Raw data -
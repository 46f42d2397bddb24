ghost use Rattle.std.specs.Prelude.{◌≡◌, ◌<◌, ◌≤◌, ℕ, [], All, length, slice_index_or, vec_capacity};
ghost use Rattle.cp_round.specs.Worker.{HasWorked};
ghost use Rattle.cp_turn_port.specs.Seat.{IsSeatOf};
ghost use Rattle.cp_crew.specs.Staff.{SeatedView, IsSeated, HaveWorked, StaysSeated, all_seated};

use crate::staff::{Seated, Staff, dismiss_all, seat_all};
use cp_call::{Caller, Machine};
use cp_io::{Gate, Sink};
use cp_round::{Bells, run_round};
use cp_turn_hall::TurnHall;
use cp_turn_port::TurnPort;
use std::sync::Wait;
use std::thread::Threads;

/// Lends each worker to a thread of its own, and ends when all have ended.
pub(crate) fn lend<
    R: Threads + Wait + Sync,
    M: Machine + Send,
    S: Sink + Send,
    C: Caller + Send,
    G: Gate + Sync,
>(rt: &R, workers: &mut Vec<Seated<'_, R, G, M, S, C>>)
where
    M::Rule: Send,
    ensures long { length workers.new.items ≡ length workers.old.items }
    ensures worked { (k : ℕ) (d : SeatedView M S C) → k < length workers.old.items → HasWorked M.code StaysSeated IsSeatOf C.went (slice_index_or workers.old.items k d) (slice_index_or workers.new.items k d) }
{
    run_round(rt, workers.as_mut_slice());
}

/// Seats workers, lends each to a thread of its own, and takes them apart when all have ended. There is room for all.
pub(crate) fn work_round<
    'a,
    R: Threads + Wait + Sync,
    M: Machine + Send,
    S: Sink + Send,
    C: Caller + Send,
    G: Gate + Sync,
>(
    rt: &'a R,
    gate: &'a G,
    hall: &'a TurnHall,
    port: &'a TurnPort<S>,
    bells: &'a Bells,
    staff: Staff<M, S, C>,
    places: Vec<Seated<'a, R, G, M, S, C>>,
    room: Staff<M, S, C>,
) -> Staff<M, S, C>
where
    M::Rule: Send,
    requires hall_passes { length staff.hall_passes.items ≡ length staff.shells.items }
    requires port_passes { length staff.port_passes.items ≡ length staff.shells.items }
    requires callers { length staff.callers.items ≡ length staff.shells.items }
    requires seated { All (IsSeated M.code M.Rule.asks M.Rule.objects) (all_seated hall.now port.now staff.shells.items staff.hall_passes.items staff.port_passes.items staff.callers.items) }
    requires places { (places.items ≡ []) × (length staff.shells.items ≤ vec_capacity places) }
    requires shell_room { (room.shells.items ≡ []) × (length staff.shells.items ≤ vec_capacity room.shells) }
    requires hall_room { (room.hall_passes.items ≡ []) × (length staff.shells.items ≤ vec_capacity room.hall_passes) }
    requires port_room { (room.port_passes.items ≡ []) × (length staff.shells.items ≤ vec_capacity room.port_passes) }
    requires caller_room { (room.callers.items ≡ []) × (length staff.shells.items ≤ vec_capacity room.callers) }
    ensures { HaveWorked M.code M.Rule.asks M.Rule.objects C.went (all_seated hall.entry.now port.entry.now staff.shells.items staff.hall_passes.items staff.port_passes.items staff.callers.items) result.shells.items result.hall_passes.items result.port_passes.items result.callers.items }
{
    let mut workers = seat_all(rt, gate, hall, port, bells, staff, places);
    lend(rt, &mut workers);
    dismiss_all(workers, room)
}
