ghost use Rattle.std.specs.Prelude.{◌≡◌, ◌&&◌, nat_eq, IfOk, OnOk};
ghost use Rattle.cp_module.specs.Causes.{pred_of};
ghost use Rattle.cp_load.specs.Types.{type_order};
ghost use Rattle.cp_load.specs.Typing.{is_name_in, is_type_named, with_type};

use crate::clauses::pred_of;
use crate::type_names::{declared_names, is_name_in};
use cp_declaration::{Indicator, Indicators};
use cp_link::is_in;
use cp_read::ReadClause;
use cp_term::Name;
use std::alloc::{AllocError, Global};

/// The regular types that a file declares and has clauses of, in the order of their first clauses.
pub(crate) fn type_order(alloc: Global, clauses: &[ReadClause]) -> Result<Indicators, AllocError>
    ensures { IfOk result (λ order. order ≡ type_order clauses.now) }
{
    let names = declared_names(alloc, clauses)?;
    let mut order = Indicators::new(alloc);
    for clause in clauses {
        push_clause(&mut order, names.as_slice(), clause)?;
    }
    Ok(order)
}

/// Adds the predicate of a clause, if it is a type of one of these names and is not there.
fn push_clause(
    order: &mut Indicators,
    names: &[Name],
    clause: &ReadClause,
) -> Result<(), AllocError>
    ensures { OnOk result (order.new ≡ with_type names.now order.old (pred_of clause.now)) }
{
    match pred_of(clause)? {
        Some(pred) => push_type(order, names, pred),
        None => Ok(()),
    }
}

fn push_type(order: &mut Indicators, names: &[Name], pred: Indicator) -> Result<(), AllocError>
    ensures { OnOk result (order.new ≡ with_type names.now order.old (Some pred)) }
{
    if !is_type_named(names, &pred) || is_in(order.as_slice(), &pred) {
        return Ok(());
    }
    order.push(pred)
}

fn is_type_named(names: &[Name], pred: &Indicator) -> bool
    ensures { result ≡ is_type_named names.now pred.now }
{
    pred.arity == 1 && is_name_in(names, &pred.name)
}
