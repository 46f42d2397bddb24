ghost use Rattle.std.specs.Prelude.{◌≡◌};

use cp_io::Bytes;
use cp_module::Refusal;
use std::alloc::AllocError;

/// Why there is no program. A file is named by its name.
#[derive(Debug, Drop)]
pub enum LoadError {
    Refused(Refusal),
    Missing(Bytes),
    FileTooBig(Bytes),
    FileFault(Bytes),
    NoMemory,
}

impl From<AllocError> for LoadError {
    ghost use Rattle.cp_load.specs.declared.error.LoadError.TheVariants.{NoMemory};

    ghost from_gives = { λ _ e. e ≡ NoMemory };

    fn from(_error: AllocError) -> LoadError {
        LoadError::NoMemory
    }
}
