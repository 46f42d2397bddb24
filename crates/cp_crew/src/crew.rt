use cp_call::{Caller, Machine};
use cp_hall::PlainHall;
use cp_io::Sink;
use cp_list::ListOf;
use cp_out::Port;
use cp_shell::Shell;

/// The shells of a crew's workers, numbered from 1 in order.
pub type Shells<M> = ListOf<Shell<M>>;

/// Who makes the remote calls of each worker, in order.
pub type CallerList<C> = ListOf<C>;

/// What a crew leaves: its shells, the objects, the port and the callers. The hall is missing only for want of memory, and
/// `memory` says whether the crew ended for want of it.
#[derive(Drop)]
pub struct Crew<M: Machine, S: Sink, C: Caller> {
    pub shells: Shells<M>,
    pub hall: Option<PlainHall>,
    pub port: Port<S>,
    pub callers: CallerList<C>,
    pub memory: bool,
}
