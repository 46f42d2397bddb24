ghost use Rattle.std.specs.Prelude.{◌≡◌, ◌≤◌, nat_lt, cond, length, None, IfOk, OnOk};
ghost use Rattle.cp_module.specs.Causes.{unless, least};
ghost use Rattle.cp_link.specs.Modules.{said};
ghost use Rattle.cp_load.specs.Gathering.{is_known, with_file, known_by, known_after, too_many};

use cp_declaration::Declaration;
use cp_io::{ByteLists, Bytes};
use cp_link::said;
use cp_module::{Cause, Why, imported_file, soonest};
use cp_read::ReadClause;
use std::alloc::{AllocError, Global};

/// The most files that a program has.
const MOST: u32 = 64;

/// Makes the files known that clauses of a file import, in their order, and tells what counts of the imports that are too
/// many. No file is made known behind the first that is too many.
pub(crate) fn note_imports(
    alloc: Global,
    known: &mut ByteLists,
    file: &[u8],
    clauses: &[ReadClause],
) -> Result<Option<Cause>, AllocError>
    requires { length known.old ≤ 64 }
    ensures cause { IfOk result (λ cause. cause ≡ least (too_many known.old file.now clauses.now)) }
    ensures known { result ≡ Ok None → known.new ≡ known_after known.old file.now clauses.now }
    ensures room { result ≡ Ok None → length known.new ≤ 64 }
{
    let mut cause: Option<Cause> = None;
    for clause in clauses {
        note_import(alloc, known, file, clause)?;
        cause = soonest(cause, Cause::on(clause.line, crowd(known.len())));
    }
    Ok(cause)
}

/// Makes the file known that a clause of a file imports, unless too many are known.
fn note_import(
    alloc: Global,
    known: &mut ByteLists,
    file: &[u8],
    clause: &ReadClause,
) -> Result<(), AllocError>
    ensures { OnOk result (known.new ≡ cond (nat_lt 64 (length known.old)) known.old (known_by known.old file.now (said clause.now))) }
{
    if known.len() > MOST {
        return Ok(());
    }
    match said(alloc, clause)? {
        Some(
            Declaration::UseModule {
                file: name,
                imports: _imports,
            },
        ) => {
            let path = imported_file(alloc, file, name.bytes())?;
            push_file(known, path)
        }
        _ => Ok(()),
    }
}

fn push_file(known: &mut ByteLists, file: Bytes) -> Result<(), AllocError>
    ensures { OnOk result (known.new ≡ with_file known.old file) }
{
    if is_known(known.as_slice(), file.as_slice()) {
        return Ok(());
    }
    known.push(file)
}

fn is_known(known: &[Bytes], file: &[u8]) -> bool
    ensures { result ≡ is_known known.now file.now }
{
    known.iter().any(|other| other.as_slice() == file)
}

/// What is refused where so many files are known.
fn crowd(known: u32) -> Option<Why>
    ensures { result ≡ unless (nat_lt 64 known) Why.TooManyModules None }
{
    if known > MOST {
        Some(Why::TooManyModules)
    } else {
        None
    }
}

About this task -
Select all lines with the word "items" from the entries above.

Answer section -
    ensures long { length workers.new.items ≡ length workers.old.items }
    ensures worked { (k : ℕ) (d : SeatedView M S C) → k < length workers.old.items → HasWorked M.code StaysSeated IsSeatOf C.went (slice_index_or workers.old.items k d) (slice_index_or workers.new.items k d) }
    requires hall_passes { length staff.hall_passes.items ≡ length staff.shells.items }
    requires port_passes { length staff.port_passes.items ≡ length staff.shells.items }
    requires callers { length staff.callers.items ≡ length staff.shells.items }
    requires seated { All (IsSeated M.code M.Rule.asks M.Rule.objects) (all_seated hall.now port.now staff.shells.items staff.hall_passes.items staff.port_passes.items staff.callers.items) }
    requires places { (places.items ≡ []) × (length staff.shells.items ≤ vec_capacity places) }
    requires shell_room { (room.shells.items ≡ []) × (length staff.shells.items ≤ vec_capacity room.shells) }
    requires hall_room { (room.hall_passes.items ≡ []) × (length staff.shells.items ≤ vec_capacity room.hall_passes) }
    requires port_room { (room.port_passes.items ≡ []) × (length staff.shells.items ≤ vec_capacity room.port_passes) }
    requires caller_room { (room.callers.items ≡ []) × (length staff.shells.items ≤ vec_capacity room.callers) }
    ensures { HaveWorked M.code M.Rule.asks M.Rule.objects C.went (all_seated hall.entry.now port.entry.now staff.shells.items staff.hall_passes.items staff.port_passes.items staff.callers.items) result.shells.items result.hall_passes.items result.port_passes.items result.callers.items }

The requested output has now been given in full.